Did You Just Call My Kid a Tomboy?

Did You Just Call My Kid a Tomboy?
My twin daughters just turned 7. Their interests range from My Little Pony to digging in dirt to shooting Nerf guns to engaging in planned physical warfare with one asking the other, “Hey, do you want to battle?” They prefer stuffed animals over dolls (actually, they hate dolls), and we hosted a Lego Legends of Chima party for their birthday.

Ruthie, especially, gravitates more toward activities that traditionally have been considered “boy” interests. Her favorite colors are blue and red, her best friends are boys, and most days she prefers to play Legends of Chima or TMNT at recess. She avoids skirts and dresses like the plague. As a toddler, she wore Lightening McQueen and Thomas the Train t-shirts. I’ll admit, in the early years I worried about her love of all things “boy.” Even more so when she told me she wanted to be a one.

But I soon traded those worries for reality. I was blessed with a smart and sweet little girl with a variety of interests who prefers the toys and clothes geared toward boys over the pink and purple frills that delight so many girls. I think that's awesome. And if it makes her happy, who really cares?

That’s why I was was a tad shocked and even a little offended when a classmate’s mother asked, “Is she a tomboy?”

Some part of me - the Ideal Reality part - thought gender roles had evolved beyond that term. I thought most people believed that girls have every right to engage in activities all along the gender spectrum. I thought the label “tomboy” had fallen out of favor. Apparently not. Yet, when I think about it, I recall all the times I tried to find red or blue girls clothes among the cotton candy pinks and purples that still dominate the girls' department. Or the challenges I've had in find a dressy outfit that wasn't a dress. Mission impossible unless I'm willing to pay some big bucks. Toys for girls? Dolls, makeup, jewelry kits. (Although Nerf is stepping up its game with the Rebel series. But even those weapons are pink and purple.)

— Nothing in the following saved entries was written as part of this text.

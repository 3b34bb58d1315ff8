// The answers, on standard output.
#![tactic(auto, unfolding(hexline::specs::Digits::field_bytes, hexline::specs::Digits::number_bytes))]

ghost use Rattle.std.specs.Prelude.{◌≤◌, length};
ghost use Rattle.hexroom.specs.Fields.{bytes_of_fields};

use crate::MOST_BYTES;
use hexroom::Field;
use planner::Plan;
use reader::Reading;
use site::{Entry, Refusal};
use std::io;

// What a client answers.
pub trait Answer {
    // Prints the answer as a line.
    fn print(&self, rt: &impl Print) -> io::Result<()>;

    // How many bytes at the start of the room that the client was lent are its text.
    fn text_length(&self) -> usize {
        0
    }

    // Prints the answer of a client that was lent the start of a space of '.', its text, and how many
    // bytes of the space changed.
    fn print_with(&self, rt: &impl Print, space: &[u8; MOST_BYTES]) -> io::Result<()> {
        self.print(rt)?;
        if let Some(text) = space.get(..self.text_length()) {
            rt.write_all(text)?;
        }
        print_line(rt, &[Field::new(4, changed(space))])
    }
}

// The number alone, or with how many bytes changed behind it.
impl Answer for u32 {
    fn print(&self, rt: &impl Print) -> io::Result<()> {
        print_line(rt, &[Field::new(4, u64::from(*self))])
    }

    fn print_with(&self, rt: &impl Print, space: &[u8; MOST_BYTES]) -> io::Result<()> {
        print_line(
            rt,
            &[
                Field::new(4, u64::from(*self)),
                Field::new(4, changed(space)),
            ],
        )
    }
}

// 8F, the number, the line and the place.
impl Answer for Refusal {
    fn print(&self, rt: &impl Print) -> io::Result<()> {
        print_line(
            rt,
            &[
                Field::byte(0x8F),
                Field::byte(self.number()),
                Field::new(2, self.line() as u64),
                Field::byte(self.place()),
            ],
        )
    }
}

// What is said of records or of a plan that is taken: 80.
impl Answer for () {
    fn print(&self, rt: &impl Print) -> io::Result<()> {
        print_line(rt, &[Field::byte(0x80)])
    }
}

// A line that is taken: 80.
impl Answer for Entry {
    fn print(&self, rt: &impl Print) -> io::Result<()> {
        ().print(rt)
    }
}

// A site's text of so many bytes: 80 and the length.
impl Answer for usize {
    fn print(&self, rt: &impl Print) -> io::Result<()> {
        print_line(rt, &[Field::byte(0x80), Field::new(4, *self as u64)])
    }

    fn text_length(&self) -> usize {
        *self
    }
}

// 80, the length and the order.
impl Answer for Plan {
    fn print(&self, rt: &impl Print) -> io::Result<()> {
        print_line(
            rt,
            &[
                Field::byte(0x80),
                Field::new(4, self.length as u64),
                Field::byte(self.order),
            ],
        )
    }

    fn text_length(&self) -> usize {
        self.length
    }
}

// What was taken, or the refusal.
impl<T: Answer> Answer for Result<T, Refusal> {
    fn print(&self, rt: &impl Print) -> io::Result<()> {
        match self {
            Ok(taken) => taken.print(rt),
            Err(refusal) => refusal.print(rt),
        }
    }

    fn text_length(&self) -> usize {
        match self {
            Ok(taken) => taken.text_length(),
            Err(refusal) => refusal.text_length(),
        }
    }
}

// 80 and how many clusters and flows were read, or the refusal.
impl Answer for Reading {
    fn print(&self, rt: &impl Print) -> io::Result<()> {
        match &self.verdict {
            Ok(()) => print_line(
                rt,
                &[
                    Field::byte(0x80),
                    Field::byte(self.site.cluster_count),
                    Field::byte(self.site.flow_count),
                ],
            ),
            Err(refusal) => refusal.print(rt),
        }
    }
}

// Prints fields, eight bytes at most, as a line of hexadecimal.
#[tactic(auto, using(hexroom::specs::Room::fields_line_length, std::proofs::lemmas::Grind::common_steps))]
fn print_line(rt: &impl Print, fields: &[Field]) -> io::Result<()>
    requires { length (bytes_of_fields fields.now) ≤ 8 }
{
    let mut line = [0u8; 17];
    let n = hexroom::put_line(&mut line, 0, fields, b"");
    rt.write_all(&line[..n])
}

// Prints a part of a text as it is, and LF.
pub fn print_part(rt: &impl Print, part: &[u8]) -> io::Result<()> {
    rt.write_all(part)?;
    rt.write_all(b"\n")
}

// How many bytes of a space are not '.'. They are counted in two bytes, which is enough for them and the
// fewer a number has, the more of a row are counted at once: `count` has eight.
fn changed(space: &[u8; MOST_BYTES]) -> u64 {
    let count = space
        .iter()
        .fold(0u16, |count, &b| count.wrapping_add(u16::from(b != b'.')));
    u64::from(count)
}
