// The cases, from standard input.
ghost use Rattle.std.specs.Prelude.{◌≤◌, ◌↔◌, IsTrue, All};
ghost use Rattle.demands.specs.declared.TheConstants.{MOST_BYTES};

use crate::MOST_BYTES;
use std::io::{ErrorKind, Read};
use std::{array, io};

// What the head line of a case says: how many bytes its text has, the room for a site's text and the
// room for a plan, which line is asked for, how many bytes the plan text to check has, and how many
// patches follow it.
#[derive(Drop)]
pub struct Head {
    pub text: usize,
    pub site_room: usize,
    pub plan_room: usize,
    pub line: usize,
    pub plan: usize,
    pub patches: usize,
    ghost in_space: { (text ≤ MOST_BYTES) × (site_room ≤ MOST_BYTES) × (plan_room ≤ MOST_BYTES) × (plan ≤ MOST_BYTES) },
}

// Whether there is space for each of these lengths.
fn all_fit(lengths: &[usize]) -> bool
    ensures { IsTrue result ↔ All (λ n. n ≤ MOST_BYTES) lengths.now }
{
    lengths.iter().all(|&n| n <= MOST_BYTES)
}

impl Head {
    // The head of a line of 44 digits and LF; none where it asks for a longer text or room than there
    // is space.
    pub fn new(line: [u8; 45]) -> Option<Self> {
        let [text, site_room, plan_room, asked, plan]: [usize; 5] = array::from_fn(
            |i| hexline::number_at(&line, 4 * i, 4) as usize,
        );
        if all_fit(&[text, site_room, plan_room, plan]) {
            Some(Head {
                text,
                site_room,
                plan_room,
                line: asked,
                plan,
                patches: hexline::number_at(&line, 20, 2) as usize,
            })
        } else {
            None
        }
    }
}

// Fills the space from the input, and gives it back; none where the input ends before.
fn read_into<'a>(input: &mut impl Read, space: &'a mut [u8]) -> io::Result<Option<&'a [u8]>> {
    match input.read_exact(space) {
        Ok(()) => Ok(Some(space)),
        Err(e) if e.kind() == ErrorKind::UnexpectedEof => Ok(None),
        Err(e) => Err(e),
    }
}

// The next N bytes of the input; none where it ends before.
pub fn read_array<const N: usize>(input: &mut impl Read) -> io::Result<Option<[u8; N]>> {
    let mut bytes = [0; N];
    Ok(read_into(input, &mut bytes)?.is_some().then_some(bytes))
}

// Fills the space from the input, reads the LF behind it, and gives it back; none where the input ends
// before.
pub fn read_part<'a>(input: &mut impl Read, space: &'a mut [u8]) -> io::Result<Option<&'a [u8]>> {
    let Some(part) = read_into(input, space)? else {
        return Ok(None);
    };
    let lf: Option<[u8; 1]> = read_array(input)?;
    Ok(lf.map(|_| part))
}
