//! A disk in memory, for tests of what stands over a [`Disk`](real_files::Disk).
//!
//! [`MemoryDisk`] holds regular files with their modes, links and devices under names, and tells
//! them, so each clause of the trait is proved of it. Names and folders can be marked so that what
//! they have can't be replaced, there is room for so many bytes, and calls can be chosen that fail
//! or break off. The words of the contracts stand in `specs/Drive.antt`.
#![tactic(auto)]

pub mod calls;
pub mod drive;
pub mod node;
pub mod nodes;
pub mod paths;

pub use drive::MemoryDisk;
pub use node::Node;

According to The Grammarphobia Blog, the word tomboy popped up around 1553 as a term to describe a “rude or boisterous” boy. Twenty-five years later, tomboy defined a bold or immodest woman, and 15 years after that it was “applied to a girl who acted like a spirited or boisterous boy,” which is the meaning used today.  There’s no denying that both of my girls can be spirited and boisterous. Most girls can. As can most boys.

Look up “tomboy” on, and synonyms include “butch,” “lesbian” and “dyke.” Really? Seriously?

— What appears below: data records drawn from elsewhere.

//! The sentences for reasons that tell types or counts.

ghost use Rattle.std.specs.Prelude.{◌≡◌, ◌++◌, ℕ, List, codes, is_some, not, IfOk, OnOk};
ghost use Rattle.std.specs.Fmt.{decimal, signed_decimal};
ghost use Rattle.expression_reasons.specs.declared.reason.Reason.TheVariants.{NoMember, Returned};
ghost use Rattle.message_types.specs.Sentences.{count_text, or_nothing, range_text, said, sum_text};
ghost use Rattle.message_types.specs.Sentences.{type_word, wanted_text};
ghost use Rattle.message_sentences.specs.Template.{filled};

use expression_reasons::Reason;
use message_sentences::{put_sentence, put_words, same};
use nwq_text::{put_count, put_number as put_signed};
use nwq_value::{NoMemory, Ty};

/// The word for a type.
pub(crate) fn type_word(ty: Ty) -> &'static str
    ensures word { result.now ≡ type_word ty }
{
    match ty {
        Ty::Void => "void",
        Ty::Int => "int",
        Ty::Text => "string",
        Ty::Object => "object",
        Ty::Effect => "effect",
        Ty::Event => "event",
        Ty::Action => "action",
        Ty::Struct(_) => "a struct",
        Ty::Refused => "a type that is left out",
    }
}

/// Appends a sentence, and the word for a type behind it.
fn put_typed(out: &mut Vec<u8>, sentence: &str, piece: &[u8], ty: Ty) -> Result<(), NoMemory>
    ensures appends { OnOk result
        (out.new.items ≡ out.old.items ++ (filled piece.now sentence.now ++ type_word ty)) }
{
    put_sentence(out, sentence, piece)?;
    put_words(out, type_word(ty))
}

/// Appends the type that stands there, and the one that is wanted.
fn put_wanted(out: &mut Vec<u8>, given: Ty, wanted: Ty) -> Result<(), NoMemory>
    ensures appends { OnOk result (out.new.items ≡ out.old.items ++ wanted_text given wanted) }
{
    put_words(out, type_word(given))?;
    put_words(out, ", where ")?;
    put_words(out, type_word(wanted))?;
    put_words(out, " is wanted")
}

/// Appends a sentence, and behind it the type that stands there and the one that is wanted.
fn put_value(
    out: &mut Vec<u8>,
    sentence: &str,
    piece: &[u8],
    given: Ty,
    wanted: Ty,
) -> Result<(), NoMemory>
    ensures appends { OnOk result (out.new.items
        ≡ out.old.items ++ (filled piece.now sentence.now ++ wanted_text given wanted)) }
{
    put_sentence(out, sentence, piece)?;
    put_wanted(out, given, wanted)
}

/// What makes a string of an int, where the two are added.
fn sum_text(piece: &[u8], left: Ty, right: Ty) -> &'static str
    ensures { result.now ≡ sum_text piece.now left right }
{
    if !same(piece, b"+") {
        return "";
    }
    match (left, right) {
        (Ty::Text, Ty::Int) | (Ty::Int, Ty::Text) => {
            "; `IntToString` gives the string of an int"
        }
        _ => "",
    }
}

/// Appends the types of the operands of an operator.
fn put_pair(out: &mut Vec<u8>, piece: &[u8], left: Ty, right: Ty) -> Result<(), NoMemory>
    ensures appends { OnOk result (out.new.items ≡ out.old.items
        ++ (type_word left ++ (codes " and " ++ (type_word right
        ++ sum_text piece.now left right)))) }
{
    put_words(out, type_word(left))?;
    put_words(out, " and ")?;
    put_words(out, type_word(right))?;
    put_words(out, sum_text(piece, left, right))
}

/// Appends the sentence on the operands of an operator.
fn put_operands(out: &mut Vec<u8>, piece: &[u8], left: Ty, right: Ty) -> Result<(), NoMemory>
    ensures appends { OnOk result (out.new.items ≡ out.old.items
        ++ (filled piece.now (codes "the types that `%` is given don't go together: ")
        ++ (type_word left ++ (codes " and " ++ (type_word right
        ++ sum_text piece.now left right))))) }
{
    put_sentence(
        out,
        "the types that `%` is given don't go together: ",
        piece,
    )?;
    put_pair(out, piece, left, right)
}

fn put_number(out: &mut Vec<u8>, number: usize) -> Result<(), NoMemory>
    ensures appends { OnOk result (out.new.items ≡ out.old.items ++ decimal number) }
{
    put_count(out, number as u64)
}

fn put_range(out: &mut Vec<u8>, least: usize, most: usize) -> Result<(), NoMemory>
    ensures appends { OnOk result (out.new.items ≡ out.old.items ++ range_text least most) }
{
    put_number(out, least)?;
    if least >= most {
        return Ok(());
    }
    put_words(out, " to ")?;
    put_number(out, most)
}

/// Appends how many arguments a function takes, and how many a call gives.
fn put_counts(out: &mut Vec<u8>, given: usize, least: usize, most: usize) -> Result<(), NoMemory>
    ensures appends { OnOk result
        (out.new.items ≡ out.old.items ++ count_text given least most) }
{
    let behind = if most == 1 {
        " argument, and "
    } else {
        " arguments, and "
    };
    let last = if given == 1 {
        " is given"
    } else {
        " are given"
    };
    put_range(out, least, most)?;
    put_words(out, behind)?;
    put_number(out, given)?;
    put_words(out, last)
}

/// Appends the number of an argument, its type and the one that is wanted.
fn put_numbered(out: &mut Vec<u8>, number: usize, given: Ty, wanted: Ty) -> Result<(), NoMemory>
    ensures appends { OnOk result (out.new.items ≡ out.old.items
        ++ (decimal number ++ (codes ": " ++ wanted_text given wanted))) }
{
    put_number(out, number)?;
    put_words(out, ": ")?;
    put_wanted(out, given, wanted)
}

/// Appends a sentence, and behind it the number of an argument, its type and the one that is
/// wanted.
fn put_argument(
    out: &mut Vec<u8>,
    sentence: &str,
    piece: &[u8],
    number: usize,
    given: Ty,
    wanted: Ty,
) -> Result<(), NoMemory>
    ensures appends { OnOk result (out.new.items ≡ out.old.items
        ++ (filled piece.now sentence.now
        ++ (decimal number ++ (codes ": " ++ wanted_text given wanted)))) }
{
    put_sentence(out, sentence, piece)?;
    put_numbered(out, number, given, wanted)
}

/// Appends the sentence on what a `return` gives back.
fn put_returned(
    out: &mut Vec<u8>,
    piece: &[u8],
    given: Option<Ty>,
    wanted: Ty,
) -> Result<(), NoMemory>
    ensures appends { OnOk result (out.new.items ≡ out.old.items
        ++ or_nothing (said piece.now (Returned given wanted))) }
{
    match given {
        None => put_sentence(
            out,
            "`%` gives no value, and the function has a result",
            piece,
        ),
        Some(given) => put_value(
            out,
            "`%` gives a value of another type than the function's: ",
            piece,
            given,
            wanted,
        ),
    }
}

/// Appends the sentence on how many arguments a call gives.
fn put_arguments(
    out: &mut Vec<u8>,
    piece: &[u8],
    given: usize,
    least: usize,
    most: usize,
) -> Result<(), NoMemory>
    ensures appends { OnOk result (out.new.items ≡ out.old.items
        ++ (filled piece.now (codes "`%` takes ") ++ count_text given least most)) }
{
    put_sentence(out, "`%` takes ", piece)?;
    put_counts(out, given, least, most)
}

/// Appends what a member is asked of, where that is no struct.
#[tactic(auto, using(crate::proofs::Members::of_struct, crate::proofs::Members::of_other))]
fn put_member(out: &mut Vec<u8>, piece: &[u8], of: Ty) -> Result<(), NoMemory>
    ensures appends { OnOk result (out.new.items ≡ out.old.items
        ++ or_nothing (said piece.now (NoMember of))) }
{
    if is_struct(of) {
        return Ok(());
    }
    put_typed(out, "what stands before `%` is no struct: ", piece, of)
}

fn put_int(out: &mut Vec<u8>, value: i32) -> Result<(), NoMemory>
    ensures appends { OnOk result (out.new.items ≡ out.old.items ++ signed_decimal value) }
{
    put_signed(out, i64::from(value))
}

/// Appends the value of a case that stands before.
fn put_again(out: &mut Vec<u8>, piece: &[u8], value: i32) -> Result<(), NoMemory>
    ensures appends { OnOk result (out.new.items ≡ out.old.items
        ++ (filled piece.now (codes "a `%` of this value stands before in its switch: ")
        ++ signed_decimal value)) }
{
    put_sentence(
        out,
        "a `%` of this value stands before in its switch: ",
        piece,
    )?;
    put_int(out, value)
}

fn is_struct(ty: Ty) -> bool
    ensures { (piece : List ℕ) → not result ≡ is_some (said piece (NoMember ty)) }
{
    matches!(ty, Ty::Struct(_))
}

/// Whether a reason has a sentence.
fn is_said(reason: Reason) -> bool
    ensures { (piece : List ℕ) → result ≡ is_some (said piece reason) }
{
    match reason {
        Reason::Operands { .. } => true,
        Reason::Operand { .. } => true,
        Reason::Arguments { .. } => true,
        Reason::Argument { .. } => true,
        Reason::Condition { .. } => true,
        Reason::Returned { .. } => true,
        Reason::Value { .. } => true,
        Reason::Default { .. } => true,
        Reason::Label { .. } => true,
        Reason::NoMember { of } => !is_struct(of),
        Reason::Again { .. } => true,
        Reason::NoVariable { .. } => true,
        Reason::NoConstant { .. } => true,
        Reason::NoPlace => false,
        Reason::Uncallable => false,
        Reason::NoFunction => false,
        Reason::Barred => false,
        Reason::Taken => false,
        Reason::Cells => false,
        Reason::Misplaced => false,
        Reason::NoDefault => false,
        Reason::LeftOut => false,
        Reason::NoStruct => false,
    }
}

/// Appends the sentence for a reason, if it has one.
fn put_said(out: &mut Vec<u8>, piece: &[u8], reason: Reason) -> Result<(), NoMemory>
    ensures appends { OnOk result
        (out.new.items ≡ out.old.items ++ or_nothing (said piece.now reason)) }
{
    match reason {
        Reason::Operands { left, right } => put_operands(out, piece, left, right),
        Reason::Operand { ty } => put_typed(out, "what `%` is given is no int: ", piece, ty),
        Reason::Arguments { given, least, most } => put_arguments(out, piece, given, least, most),
        Reason::Argument {
            number,
            given,
            wanted,
        } => put_argument(
            out,
            "an argument of `%` has another type than its parameter: argument ",
            piece,
            number,
            given,
            wanted,
        ),
        Reason::Condition { ty } => put_typed(out, "the condition of `%` is no int: ", piece, ty),
        Reason::Returned { given, wanted } => put_returned(out, piece, given, wanted),
        Reason::Value { given, wanted } => put_value(
            out,
            "the value has another type than `%`: ",
            piece,
            given,
            wanted,
        ),
        Reason::Default { given, wanted } => put_value(
            out,
            "the default has another type than its parameter, which begins with `%`: ",
            piece,
            given,
            wanted,
        ),
        Reason::Label { ty } => put_typed(out, "the value of `%` is no int: ", piece, ty),
        Reason::NoMember { of } => put_member(out, piece, of),
        Reason::Again { value } => put_again(out, piece, value),
        Reason::NoVariable { .. } => put_sentence(
            out,
            "no variable, parameter or member is of the type `%`",
            piece,
        ),
        Reason::NoConstant { .. } => put_sentence(
            out,
            "no constant is of the type `%`: one is an int or a string",
            piece,
        ),
        Reason::NoPlace => Ok(()),
        Reason::Uncallable => Ok(()),
        Reason::NoFunction => Ok(()),
        Reason::Barred => Ok(()),
        Reason::Taken => Ok(()),
        Reason::Cells => Ok(()),
        Reason::Misplaced => Ok(()),
        Reason::NoDefault => Ok(()),
        Reason::LeftOut => Ok(()),
        Reason::NoStruct => Ok(()),
    }
}

/// Appends the sentence for a reason at this token, if it has one. Whether it has.
pub fn put_reason(out: &mut Vec<u8>, piece: &[u8], reason: Reason) -> Result<bool, NoMemory>
    ensures told { IfOk result (λ told. told ≡ is_some (said piece.now reason)) }
    ensures appends { OnOk result
        (out.new.items ≡ out.old.items ++ or_nothing (said piece.now reason)) }
{
    put_said(out, piece, reason)?;
    Ok(is_said(reason))
}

Not everyone views the word with a negative connotation. Articles such as “How to Be a Tomboy,” offer step-by-step guidance, and there are entire fashion sites and blogs that focus on “tomboy” style.

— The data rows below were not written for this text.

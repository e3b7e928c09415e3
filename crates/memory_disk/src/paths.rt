//! Where a name leads.

ghost use Rattle.std.specs.Prelude.{◌≡◌, IfOk};
ghost use Rattle.real_files.specs.Disk.{follow, link_limit};
ghost use Rattle.memory_disk.specs.Drive.{links_of};

use crate::nodes::NodeTable;
use nwq_value::NoMemory;
use real_files::paths::beside;
use std::alloc::Global;

/// The name that at most so many links of a name lead to.
#[tactic(auto, using(crate::proofs::PathLemmas::follows))]
fn follow_most(
    nodes: &NodeTable,
    alloc: Global,
    name: Vec<u8>,
    most: usize,
) -> Result<Vec<u8>, NoMemory>
    ensures ok { IfOk result (λ place.
        place.items ≡ follow most (links_of nodes.now) name.items) }
{
    if most == 0 {
        return Ok(name);
    }
    match nodes.link(name.as_slice()) {
        None => Ok(name),
        Some(text) => {
            let next = beside(alloc, name.as_slice(), text)?;
            follow_most(nodes, alloc, next, most - 1)
        }
    }
}

/// The place that a name leads to.
pub fn follow(nodes: &NodeTable, alloc: Global, name: &[u8]) -> Result<Vec<u8>, NoMemory>
    ensures ok { IfOk result (λ place.
        place.items ≡ follow link_limit (links_of nodes.now) name.now) }
{
    let start = Vec::from_slice(alloc, name)?;
    follow_most(nodes, alloc, start, 40)
}
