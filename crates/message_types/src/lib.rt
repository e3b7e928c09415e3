//! What messages say of types and of arguments.
//!
//! [`put_why`] finds the reason for which the rules of types refuse a unit at a token
//! ([`nss_reasons::explain`]), and appends its sentence, as `specs/Sentences.antt` has it. The page
//! on messages is docs/MESSAGES.md.
#![tactic(auto)]

mod sentences;
#[tactic(auto, using(crate::proofs::Telling::tells, crate::proofs::Telling::tells_none))]
mod why;

pub use sentences::put_reason;
pub use why::put_why;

I do know this: My daughter thinks it has a negative connotation. Every time someone says the word, or applies it to her, she gets an odd look on her face. Like she’s done something wrong. It’s sad. She just wants to like what she likes and be happy. She’s 7, and she doesn't understand society and it’s desire to pigeon-hole people and guide their interests based on outdated thinking. I’m going to do everything in my power to make sure she stays engaged in the things she genuinely enjoys. Like I tell her when she asks me if I like something she's interested in, “It doesn't matter if I like it. If you like it and it makes you happy, that’s what counts.”

Wherever you are, whatever you’re doing … Keep It Real.